Maintenance Ceph cluster

Maintenance Ceph cluster

19-12-2019 00:00:00 - 19-12-2019 07:00:00

Urgency: Planned

Affected services:
- Shared Linux Hosting;
- No VNC (console) access to virtual machines in BIT portal;
- Customers with shared filesystem on CephFS.

Expected impact:
- Websites on the Shared Linux Hosting platform might be unreachable for a short period of time;
- The upload server of the Shared Linux hosting platform will be unreachable for a short period of time;
- In the BIT portal it will not be possible to obtain (VNC) console access to virtual machines for a short period of time;
- Customers who use shared filesystem CephFS will experience hindrance.

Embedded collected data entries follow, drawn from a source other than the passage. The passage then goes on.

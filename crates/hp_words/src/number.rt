ghost use Rattle.std.specs.Prelude.{◌≡◌, ◌≤◌, ◌==◌, IfSome, slice_index};
ghost use Rattle.hp_words.specs.Numbers.{number_within};

/// The number that a word writes in decimal digits, one or more and nothing else, where it is in the range. Leading zeros are accepted.
pub fn number_within(word: &str, least: u64, most: u64) -> Option<u64>
    ensures number { result ≡ number_within least most word.now }
    ensures range { IfSome result (λ n. (least ≤ n) × (n ≤ most)) }
{
    if has_plus(word.as_bytes()) {
        return None;
    }
    match word.parse::<u64>() {
        Ok(n) if least <= n && n <= most => Some(n),
        _ => None,
    }
}

// Whether a plus stands in front, which `parse` takes.
fn has_plus(word: &[u8]) -> bool
    ensures { result ≡ (slice_index word.now 0 == 43) }
{
    !word.is_empty() && word[0] == b'+'
}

Customer intervention required: No

Reference number: 166004

Summary:
The Ceph cluster will be updated. We will make "CRUSH" rule changes which will move all CephFS metadata to NVMe storage to make it as fast as possible. Three storage nodes will have their management network patched to a different network device to make the CephFS as fast as possible.

Details:
The cluster will be upgraded to Ceph version 13.2.8. The latest OS updates will also be installed during this maintenance. To make the CephFS as fast as possible, a CRUSH rule change will be applied to move the metadata "pool" of the CephFS to NVMe storage. This will happen online and should not have any impact. Three storage nodes will have their management network interface patched on an onboard NIC instead of add-in card. Therefore, these servers will be rebooted one by one . During the maintenance, the shared filesystem, CephFS, will be unavailable for a couple of moments. There have been changes backported that should improve the stability of the MDS (and of CephFS) during incidents. The impact of having a large cache should be heavily reduced. Future maintenance on CephFS (MDS) should be less impacting.